Poetry As Political Expression

“The world I create in writing compensates for what the real world does not give me.” – Gloria E. Anzaldúa “To imagine a language is to imagine a way of life.” – Ludwig Wittgenstein

Let America Be America Again

Let America be America again.
Let it be the dream it used to be.
Let it be the pioneer on the plain
Seeking a home where he himself is free.

(America never was America to me.)

Let America be the dream the dreamers dreamed—
Let it be that great strong land of love
Where never kings connive nor tyrants scheme
That any man be crushed by one above.

(It never was America to me.)

O, let my land be a land where Liberty
Is crowned with no false patriotic wreath,
But opportunity is real, and life is free,
Equality is in the air we breathe.

(There’s never been equality for me,
Nor freedom in this “homeland of the free.”)

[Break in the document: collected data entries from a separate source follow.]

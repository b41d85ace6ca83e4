use crate::clients::admission::{Admission, admission_of};
use crate::moments::milliseconds_of;
use crate::state::{Paces, Slot};
use rbc_line::Line;
use std::sync::Wait;
use std::thread;
use std::time::{Clock, Duration};

/// Delays the thread that reads a train's connection if messages arrive too fast.
#[derive(Drop)]
pub(crate) struct RateLimit<'a, R> {
    pub rt: &'a R,
    pub line: &'a Line,
    pub paces: &'a Paces,
    pub slot: &'a Slot,
}

impl<R: Wait + Clock> RateLimit<'_, R> {
    /// Waits until a message of this engine may pass. It returns false if the connection has to leave its slot first.
    pub fn admits(&self, nid_engine: u32) -> bool {
        let bucket = self.paces.bucket(self.line, nid_engine);
        for _ in self.rt.forever() {
            let Some(now) = now_of(self.rt) else {
                return true;
            };
            let asked = bucket.lock(self.rt).ask(now);
            match admission_of(asked, self.slot.is_leaving()) {
                Admission::Pass => return true,
                Admission::Leave => return false,
                Admission::Wait(time) => thread::sleep(self.rt, Duration::from_millis(time)),
            }
        }
        unreachable!()
    }
}

// The monotonic time in milliseconds, if the clock gives it.
fn now_of<T: Clock>(clock: &T) -> Option<u64> {
    Some(milliseconds_of(clock.monotonic().ok()?))
}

Say, who are you that mumbles in the dark?
And who are you that draws your veil across the stars?

I am the poor white, fooled and pushed apart,
I am the Negro bearing slavery’s scars.
I am the red man driven from the land,
I am the immigrant clutching the hope I seek—
And finding only the same old stupid plan
Of dog eat dog, of mighty crush the weak.

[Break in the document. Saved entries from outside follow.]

use std::fs::{File, OpenOptions, TryLockError};
use std::io::{ErrorKind, Read};
use std::os::unix::fs::OpenOptionsExt;
use std::rt::Files;
use std::time::{Clock, Duration};
use std::{fs, io, thread};
use thiserror::Error;

/// The mode of a new journal: its owner reads and writes it.
const MODE: u32 = 0o600;

/// The tries to lock a journal. A program that only reads the journal holds the lock for a moment.
const LOCK_TRIES: u32 = 20;

/// The rest between two tries, in milliseconds.
const LOCK_REST_MS: u64 = 50;

/// The reason why a journal can't be opened.
#[derive(Debug, Drop, Error)]
pub enum OpenFault {
    #[error("it is not there")]
    Missing,
    #[error("another program writes it: wait until that program has ended, then begin again")]
    Busy,
    #[error("it is not a plain file")]
    NotPlain,
    #[error("{0}")]
    Io(io::Error),
}

impl From<io::Error> for OpenFault {
    fn from(error: io::Error) -> OpenFault {
        match error.kind() {
            ErrorKind::NotFound => OpenFault::Missing,
            _ => OpenFault::Io(error),
        }
    }
}

/// Opens the journal of this name and locks it. Until it is closed, no other program that locks it can write it.
pub fn open_journal<R: Files<File = File> + Clock>(rt: &R, name: &str) -> Result<File, OpenFault> {
    // Opening a pipe would wait, and a device may never end.
    if !fs::metadata(rt, name)?.is_file() {
        return Err(OpenFault::NotPlain);
    }
    let file = OpenOptions::new().read(true).append(true).open(rt, name)?;
    lock(rt, &file)?;
    Ok(file)
}

/// Creates an empty journal of this name, and locks it. It fails if a file has the name.
pub fn make_journal<R: Files<File = File> + Clock>(rt: &R, name: &str) -> Result<File, OpenFault> {
    let file = OpenOptions::new()
        .read(true)
        .append(true)
        .create_new(true)
        .mode(MODE)
        .open(rt, name)?;
    lock(rt, &file)?;
    Ok(file)
}

/// All bytes of a journal that was just opened.
pub fn read_whole<R: AllocGlobal>(rt: &R, file: &File) -> io::Result<Vec<u8>> {
    let mut bytes = Vec::new(rt.alloc());
    let mut reader = file;
    reader.read_to_end(&mut bytes)?;
    Ok(bytes)
}

fn lock<R: Clock>(rt: &R, file: &File) -> Result<(), OpenFault> {
    for _ in 0..LOCK_TRIES {
        match file.try_lock() {
            Ok(()) => return Ok(()),
            Err(TryLockError::WouldBlock) => thread::sleep(rt, Duration::from_millis(LOCK_REST_MS)),
            Err(TryLockError::Error(error)) => return Err(OpenFault::Io(error)),
        }
    }
    Err(OpenFault::Busy)
}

I am the young man, full of strength and hope,
Tangled in that ancient endless chain
Of profit, power, gain, of grab the land!
Of grab the gold! Of grab the ways of satisfying need!
Of work the men! Of take the pay!
Of owning everything for one’s own greed!

I am the farmer, bondsman to the soil.
I am the worker sold to the machine.
I am the Negro, servant to you all.
I am the people, humble, hungry, mean—
Hungry yet today despite the dream.
Beaten yet today—O, Pioneers!
I am the man who never got ahead,
The poorest worker bartered through the years.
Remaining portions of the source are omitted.